1) Optimum cell voltage (3.92V) for best life translates into 70% charge of usable battery for non LFP. Higher is worse that lower, but both appear to matter. 5% either way starts to make a difference.
As per the former post by me.
The lower the SOC, the lower the calendar aging.
The lower the temperature, the lower the calendar aging. At -20C, the calendar aging is virtually not happening. (Theres a lower temperature limit due to the chemistry of the batteries, but it is at 30C somewhere.
2) Depth of discharge (DoD) doesn't appear to be a big deal although research on it has lots of variables and gets pretty heavy fast.
The smaller the cycles cycles, the smaller the cyclic aging, also does the region where the cycles is placed matter. The lower the SOC during the cycles the lower the cyclic aging.
“Deep cycle” is a term but the part of the deep cycle causing more degradation is the high SOC part.
FWIW, charge cycles get construed in funny ways, and it tends to mislead folks (myself included). What seems to happen is authors looks for correllaries and come up with things like "charge cycle equivalents". Swell if we're measuring total power available (a watts a watt, and in fairness that's often how the phrase get used), but not so good when the internet thinks it means "hey, I can charge half-way twice and it counts as one charge". That's a "Nope", although if there is a unified way of counting "Charge Cycles" it's been missed by a lot of better minds than mine.
Full cycles equivalent (FCE) is the best way to compare different cycle strategies.
FCE will be a direct comparison to how many miles or km a car will be able to do to a fixed degradation level.
We can not on a easy way compare 10% Depth of Discharge (DoD) cycles with 33% or 55% or 70% DoD.
Batteryuniversity.com has at least one chart showing “stress cycles” which does not use FCE (at least per the information, even the research report from which the pucture is taken is unclear on that point.

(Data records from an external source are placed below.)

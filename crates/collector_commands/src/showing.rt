//! A request in protobuf, shown as JSON.
ghost use Rattle.std.specs.Prelude.{Ok, Err};
ghost use Rattle.collector_commands.specs.Showing.{BodyShows, InputShows, body_of};

use crate::outcome::Outcome;
use crate::surroundings::Surroundings;
use request_show::{BodyFault, Shown, read_body, show};
use std::alloc::{AllocError, Global};
use std::io::{Read, Write};

/// What is shown of the body that standard input has. Why nothing is, is said on standard error.
pub fn show_by<I: Read + Drop, E: Write + Drop>(
    alloc: Global,
    around: Surroundings<I, E>,
) -> Outcome
    ensures { InputShows (I.Read.remaining around.input) result }
{
    let outcome = shown_of(alloc, read_body(alloc, around.input));
    // On standard error, so that what reads the line of JSON gets nothing else (D-243).
    say_refusal(around.errors, &outcome);
    outcome
}

/// Says why a body isn't shown.
fn say_refusal<E: Write + Drop>(errors: E, outcome: &Outcome) {
    let mut errors = errors;
    if let Outcome::NotShown(said) = outcome {
        let _ = errors.write_all(said.as_bytes());
    }
}

/// What is shown of what was read from a body.
fn shown_of(alloc: Global, body: Result<Vec<u8>, BodyFault>) -> Outcome
    ensures { BodyShows (body_of (λ v. v.items) body) result }
{
    match body {
        Ok(body) => shown_in(alloc, &body),
        Err(fault) => unread(alloc, fault),
    }
}

/// What is shown of a body.
fn shown_in(alloc: Global, body: &[u8]) -> Outcome
    ensures { BodyShows (Ok body.now) result }
{
    match show(alloc, body) {
        Ok(Shown::Line(line)) => Outcome::Shown(line),
        Ok(Shown::Refused(said)) => Outcome::NotShown(said),
        Err(AllocError) => Outcome::NoMemory,
    }
}

/// That a body was not read, and why.
fn unread(alloc: Global, fault: BodyFault) -> Outcome
    ensures { BodyShows (Err fault) result }
{
    let said = match fault {
        BodyFault::NoMemory => return Outcome::NoMemory,
        BodyFault::Unreadable => "tsc: body refused: reading it failed\n",
        BodyFault::TooLong => "tsc: body refused: longer than 67108864 bytes\n",
    };
    match String::from_str(alloc, said) {
        Ok(said) => Outcome::NotShown(said),
        Err(_) => Outcome::NoMemory,
    }
}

A stress cycle chart can nit be used to directly compare what is best, as each cycle has a very different energy content.
That chart needs to be converted to FCE to be useful.
Here is a chart on Panasonic 18650 NCA, close to Teslas most used cell chemistry.
The 4.2V chart is cycled 4.2-2.5V, which is 100% DoD. The battery hold up for about 650 cycles at low load (before reaching 80% capacity) also 650 FCE as the DoD is 100%.
The 4.0V chart shows that it holds about 1000 FCE, which is in this case is 1250 cycles (1000/0.8) as 4.0-2.5V is 80% DoD.
We can not directly compare the cycles but the FCE can be compared as one FCE is the same as a 100% DoD.
With 100% cycles a car could hold about 650 x 400* km = 260.000km.
With the 80% DoD we get 1000x400* km, 400.000km.
(400 km is about what we get in true range for a 100-0% drive, in this example).
If we use “cycles” we can not see this correctly in the chart and it is a big chance that we misinterpret the chart, like that chart used in batteryuniverse.com.
My present thinking is a cycle is best thought of as the number of times the battery is charged as this is when its state is altered (what we're counting), heat comes up, voltage comes up to optimum (or not), and etc. I've bumped in articles with DoD and charge cycles analyzed that are only 10% apart, so...
Nope, thats not the way to handle cycles.
If you look at charts with FCE you will find that small cycles wear much less than large cycles.
At 10% DoD and low SOC many lithium batteries can do 5000-10000 FCE, thats 50.000 to 100.000 cycles.
All this suggests if you can put together 2 or 3 days and not charge at all then do that. Don't increase above 70% to get there, and make certain you leave a pretty solid "Oops" buffer. For my use a 20% minimum and 70% gives a 50% operating range between charges.
This will not cause the lowest degradation.
Read tge above statement about low SOC, low SOC range and small cycles.
There is not danger going below 20% with lithium ion batteries, that part is (also) a myth.